Le tribunal de Nouméa se retrouve à l’épicentre de la répression judiciaire des révoltes. C’est aussi dans cette enceinte que débutent des enquêtes au long cours, notamment sur les sept morts recensées depuis le 13 mai.

Depuis le début de la crise en Nouvelle-Calédonie, et des « troubles à l’ordre public » qu’elle a engendrés, 725 personnes ont été interpellées, d’après le bilan du haut-commissariat de la République au 1er juin. Au tribunal de Nouméa, où toutes les affaires non urgentes sont remises à plus tard, une audience de comparution immédiate se tient chaque jour, contre deux par semaine en temps normal.

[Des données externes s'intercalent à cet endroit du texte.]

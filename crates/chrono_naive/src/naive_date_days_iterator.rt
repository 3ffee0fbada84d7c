//! `NaiveDateDaysIterator`: dates, day after day.
//!
//! The module `order` compares iterators.
ghost use Rattle.std.specs.Prelude.{◌≡◌, pos, ◌+ℤ◌, ◌-ℤ◌, length, OnSome, IfNone, Some, None};
ghost use Rattle.std.specs.Iterator.{IsFinite, YieldsFirst, item_count, size};
ghost use Rattle.std.specs.Option.{SomeIff};
ghost use Rattle.chrono_calendar.specs.Days.{IsDate};
ghost use Rattle.chrono_calendar.specs.Recurrence.{dates_left, past_last_date};
ghost use Rattle.chrono_naive.specs.DateLists.{days_from};

mod order;

use crate::naive_date::NaiveDate;
use chrono_calendar::ends::LAST_DAY;
use std::iter::FusedIterator;
use std::marker::Model;

/// The dates from a date on, day after day, up to [`NaiveDate::MAX`]. Made by [`NaiveDate::iter_days`].
///
/// Once [`next`](Iterator::next) has returned the last date, the iterator is ended. It then returns nothing
/// more at either end.
///
/// Contracts see it as its cursor, the day number of the date that it returns next. The cursor of an ended
/// iterator is the number after that of the last date. Iterators are equal, ordered and hashed as their
/// cursors.
///
/// ```
/// let mut days = NaiveDate::MAX.iter_days();
/// days.next() // Some(+262142-12-31)
/// days.next() // None
/// ```
#[derive(Clone, Copy, Eq, Hash, Debug)]
pub struct NaiveDateDaysIterator {
    cursor: i32,
}

impl Model for NaiveDateDaysIterator {
    ghost use Rattle.std.specs.Prelude.{ℤ};
    ghost use Rattle.chrono_naive.specs.DateLists.{IsDayCursor};

    ghost Value = { ℤ };

    ghost view = { λ it. it.cursor };

    ghost invariant = { λ it. IsDayCursor it.cursor };

    ghost inverse = { λ n. record { cursor = n } };
}

impl NaiveDateDaysIterator {
    // The dates from that date on.
    #[inline]
    pub(crate) fn new(start: NaiveDate) -> NaiveDateDaysIterator
        ensures { result ≡ start }
    {
        NaiveDateDaysIterator {
            cursor: start.day_number(),
        }
    }

    /// Returns the date at the cursor, and moves the cursor one day later.
    ///
    /// Returns `None` if the last date was returned before.
    ///
    /// It does what [`next`](Iterator::next) does. Its contract says which date comes; that of `next` says
    /// which dates are left, for a loop.
    ///
    /// ```
    /// let mut days = NaiveDate::from_ymd_opt(2024, 2, 28)?.iter_days();
    /// days.step() // Some(2024-02-28)
    /// days.step() // Some(2024-02-29)
    /// ```
    #[inline]
    pub fn step(&mut self) -> Option<NaiveDate>
        ensures date { SomeIff result (IsDate self.old) self.old }
        ensures moved { OnSome result (self.new ≡ self.old +ℤ pos 1) }
        ensures refused { IfNone result (self.old ≡ past_last_date) }
        // An ended iterator stays ended.
        ensures ended { self.old ≡ past_last_date →
            (result ≡ None) × (self.new ≡ past_last_date) }
        ensures steps { YieldsFirst days_from self.old result self.new }
    {
        let next = NaiveDate::from_num_days_from_ce_opt(self.cursor)?;
        self.cursor += 1;
        Some(next)
    }

    /// Returns the date at the cursor, and moves the cursor one day earlier. So it goes back from the date that
    /// the iterator returns next, and not from the end of its dates.
    ///
    /// Returns `None` if the cursor would be before [`NaiveDate::MIN`]; the cursor then stays. Also returns
    /// `None` for an iterator that is ended.
    ///
    /// ```
    /// let mut days = NaiveDate::from_ymd_opt(2024, 3, 1)?.iter_days();
    /// days.next_back() // Some(2024-03-01)
    /// days.next_back() // Some(2024-02-29)
    /// NaiveDate::MIN.iter_days().next_back() // None
    /// ```
    #[inline]
    pub fn next_back(&mut self) -> Option<NaiveDate>
        ensures date { SomeIff result (IsDate self.old × IsDate (self.old -ℤ pos 1)) self.old }
        ensures moved { OnSome result (self.new ≡ self.old -ℤ pos 1) }
        ensures refused { IfNone result (self.new ≡ self.old) }
        // An ended iterator stays ended.
        ensures ended { self.old ≡ past_last_date →
            (result ≡ None) × (self.new ≡ past_last_date) }
    {
        let date = NaiveDate::from_num_days_from_ce_opt(self.cursor)?;
        self.cursor = date.pred_opt()?.day_number();
        Some(date)
    }
}

impl Iterator for NaiveDateDaysIterator {
    type Item = NaiveDate;

    ghost next_gives = { YieldsFirst days_from };

    ghost remaining = { item_count days_from };

    /// Returns the date at the cursor, and moves the cursor one day later.
    ///
    /// Returns `None` if the last date was returned before.
    #[inline]
    fn next(&mut self) -> Option<NaiveDate> {
        self.step()
    }

    /// Returns the exact number of dates that are left, as both bounds.
    ///
    /// ```
    /// NaiveDate::MAX.iter_days().size_hint() // (1, Some(1))
    /// ```
    #[inline]
    fn size_hint(&self) -> (usize, Option<usize>)
        ensures list { result ≡ (length (days_from self.now), Some (length (days_from self.now))) }
        ensures count { result ≡ (dates_left self.now, Some (dates_left self.now)) }
    {
        let left = self.len();
        (left, Some(left))
    }
}

impl ExactSizeIterator for NaiveDateDaysIterator {
    /// Returns the number of dates that are left. It is 0 for an ended iterator.
    ///
    /// ```
    /// NaiveDate::from_ymd_opt(262142, 12, 30)?.iter_days().len() // 2
    /// ```
    #[inline]
    fn len(&self) -> usize
        ensures finite { IsFinite (item_count days_from self.now) }
        ensures value { result ≡ size (item_count days_from self.now) }
        ensures count { result ≡ dates_left self.now }
    {
        (LAST_DAY + 1 - self.cursor) as usize
    }
}

impl FusedIterator for NaiveDateDaysIterator {}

Les condamnations y sont expéditives et sévères, comme demandé par le garde des Sceaux, Éric Dupond-Moretti, qui a appelé les magistrat·es à « garantir les sanctions les plus lourdes contre les émeutiers et les pillards ».

Le mercredi 29 mai, deux jeunes indépendantistes kanak de 21 et 24 ans ont ainsi été condamnés à six mois de prison, avec mandat de dépôt, pour avoir jeté respectivement une bouteille et un caillou en direction des blindés de la gendarmerie. Deux jours plus tôt, c’est un homme kanak de 38 ans qui est parti en prison pour deux ans.

Le 15 mai, Henrick W. transportait une dizaine d’émeutiers armés dans la benne de son pick-up, drapeau de la Kanaky au vent, quand deux voitures de police l’ont bloqué à l’entrée d’une station-service. Il est accusé d’avoir redémarré et foncé sur un policier, contraint de tirer sur le véhicule pour l’arrêter, sans succès.

« J’ai pensé que c’était la milice, j’ai eu peur qu’on nous tue », a expliqué le prévenu, qui s’était rendu au commissariat quelques jours après les faits. (...)

La semaine précédente, quatre prévenus étaient jugés pour vol après s’être servis dans des magasins pillés : des cartons de bières dans un supermarché, des appareils électroménagers chez Darty. Ils ont été conduits au tribunal en hélicoptère pour recevoir leur peine : huit mois de prison ferme avec mandat de dépôt pour deux d’entre eux, une peine aménageable pour les deux autres. Dès le 16 mai, quatre jeunes hommes étaient condamnés à des peines de prison ferme pour avoir forcé les portes d’un Carrefour Market et volé des bouteilles d’alcool.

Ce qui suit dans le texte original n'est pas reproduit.